前回のブログからずいぶんと間が空いてしまいました。

実はこの間、新年号の仕事をしていたのです。

日刊(月~金ですけど)の新聞の、しかも業界紙が新年号?と思われる向きもあるかもしれません。少し説明をすると、こういうことです。

業界紙は基本的に取材対象となる業界で働く人たちに仕事上、お役に立ちそうな情報を届けるのが役割(ウチの場合、ファッション業界全般の皆さんに向けて、ということになります)なので、月~金のワーキングデイズに発行するのが、基本です。

ただ、正月の1月1日だけは、普段のニュース報道主体の紙面とは違った、特集をメーンにした新聞を作ることにしています。

メインテーマは、毎年変わります。「今年はこういう流れ、トピックが業界において大きな影響を及ぼす」と仮説を建て、日々の紙面とは別建てで、時間をかけて取材し、がっつり1テーマを深く掘り下げ、年の初めに読者の方々にじっくりお読みいただこう、という趣旨で作ります。

 


 

これまでに例えば、

「F1層1200人に聞きました―ユニクロとザラが選ばれるワケ」(2012年)

「ものづくりを考える―作り手、売り手、買い手が一緒に開く活路」(2013年)

といったテーマで、新年特別号を編んできました。

それで来年の2014年です。新聞なので1月1日の紙面をここでそのまま見せることは不可能なのですが、特別号のタイトルだけお知らせすると、「脱・飽和のススメ」です。

たぶん、日本のファッション産業で働く人なら、社長さんから現場の店員の方まで、みんな感じておられることだと思うのですが、日本のファッションマーケットって、今、明らかに過剰です。

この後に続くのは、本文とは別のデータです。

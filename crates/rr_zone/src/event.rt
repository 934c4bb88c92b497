// What an event states of its zone.
ghost use Rattle.std.specs.Prelude.{◌≡◌, Some, map, option_and_then, option_map, IfOk};
ghost use Rattle.rr_model.specs.Text.Moments.{basic};
ghost use Rattle.rr_model.specs.Text.UsedLines.{value_of_line};
ghost use Rattle.rr_zone.specs.Events.{event_facts, facts_of, start_by, start_in, start_on};

use rr_events::{first_named, first_value, own_lines, parameter_of};
use rr_ical::value_of_line;
use rr_model::{Bytes, Kind, Line, NoMemory, Stamp};
use rr_text::basic;
use std::alloc::Global;

/// In which zone a start is stated.
#[derive(Drop)]
pub(crate) enum Start {
    /// In UTC: its DTSTART ends in `Z`.
    Utc,
    /// In local time of the zone that its TZID parameter names.
    Zoned(Bytes),
    /// In none: it is local time without a zone or a date, or there is no start.
    Unzoned,
}

/// What an event states of its zone.
#[derive(Drop)]
pub(crate) struct EventFacts {
    /// Its UID, empty if it has none.
    pub(crate) uid: Bytes,
    /// In which zone its DTSTART is stated.
    pub(crate) start: Start,
    /// Whether it has a RECURRENCE-ID.
    pub(crate) is_instance: bool,
}

// Local time of the zone that a TZID parameter names, if there is one.
fn start_in(alloc: Global, name: Option<&[u8]>) -> Result<Start, NoMemory>
    ensures { IfOk result (λ start. start ≡ start_in (option_map (λ name. name.now) name.entry)) }
{
    match name {
        Some(name) => Ok(Start::Zoned(Bytes::of(alloc, name)?)),
        None => Ok(Start::Unzoned),
    }
}

// What a DTSTART line states whose value is this.
fn start_by(alloc: Global, text: &[u8], stamp: Stamp) -> Result<Start, NoMemory>
    ensures { IfOk result (λ start. start ≡ start_by text.now (Some stamp)) }
{
    if !stamp.kind.is_same(Kind::Moments) {
        return Ok(Start::Unzoned);
    }
    if stamp.utc {
        return Ok(Start::Utc);
    }
    start_in(alloc, parameter_of(b"TZID", text))
}

// The date value of a line, if it has one.
fn stamp_on(text: &[u8]) -> Option<Stamp>
    ensures { result ≡ option_and_then basic (value_of_line text.now) }
{
    basic(value_of_line(text)?)
}

// What a DTSTART line states, if there is one.
fn start_on(alloc: Global, line: Option<&Line>) -> Result<Start, NoMemory>
    ensures { IfOk result (λ start. start ≡ start_on (option_map (λ line. line.now) line.entry)) }
{
    let Some(line) = line else {
        return Ok(Start::Unzoned);
    };
    let text = line.text.as_slice();
    match stamp_on(text) {
        Some(stamp) => start_by(alloc, text, stamp),
        None => Ok(Start::Unzoned),
    }
}

// What the own lines of an event state of its zone.
fn facts_of(alloc: Global, own: &[&Line]) -> Result<EventFacts, NoMemory>
    ensures { IfOk result (λ facts. facts ≡ facts_of (map (λ line. line.now) own.now)) }
{
    Ok(EventFacts {
        uid: Bytes::of(alloc, first_value(b"UID", own))?,
        start: start_on(alloc, first_named(b"DTSTART", own))?,
        is_instance: first_named(b"RECURRENCE-ID", own).is_some(),
    })
}

/// What the lines of an event state of its zone.
pub(crate) fn event_facts(alloc: Global, lines: &[Line]) -> Result<EventFacts, NoMemory>
    ensures { IfOk result (λ facts. facts ≡ event_facts lines.now) }
{
    let own = own_lines(alloc, lines)?;
    facts_of(alloc, &own)
}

10年も前からその状況自体は指摘する人もいましたが、その後、マーケットの過密感はさらに高まりました。その論拠の一例を挙げると、

1、日本の衣料消費市場の規模は過去10年で4000億円減り、9兆円弱にまで縮小した

2、でも衣料品の市場への供給量は5億点増えて40億点まで膨れ上がった

3、市場を席巻する低価格小売業の店舗数は3500店で倍増した

ようするに、安く買えるようになったはいいが、薄く広く行き渡って、ファッションがもたらすワクワク感とか楽しみとかも比例して弱くなってしまったんではないかってことです。

でも年齢、性別、地域を問わず、消費者からこんな声も聞こえるようになりました。今のファッション市場に「不満はない。でも別に満足できているわけではない」

物量だけは豊富で、当たり前に、誰にでも、手軽に、ベーシックもトレンドも入手できるようにはなったが、不便を解消したからといって、必ずしも今の市場が消費者の気持ちに寄り添えているわけではないようです。

「すでにあるもの、先に誰かが手を付けているものは、もう市場で飽和していると考えたほうがいい」。

ただし、一見飽和状態にある市場でも、隙間はある。

繊研新聞の14年1月1日付の紙面では、そういう、マーケットに垣間見える、穴や隙間を捉えようとしている企業や人を取り上げます。

特集紙面は、まず原宿の竹下通りから始まります。ファストファッションやセレクトショップ、個店がぎゅうぎゅうに林立するこの場所で、始まっている10代の心をつかむある小売店の仕掛けを取材します。

繊研新聞独自調査による「日本のファッション市場を読み解くデータマップ」も載ります。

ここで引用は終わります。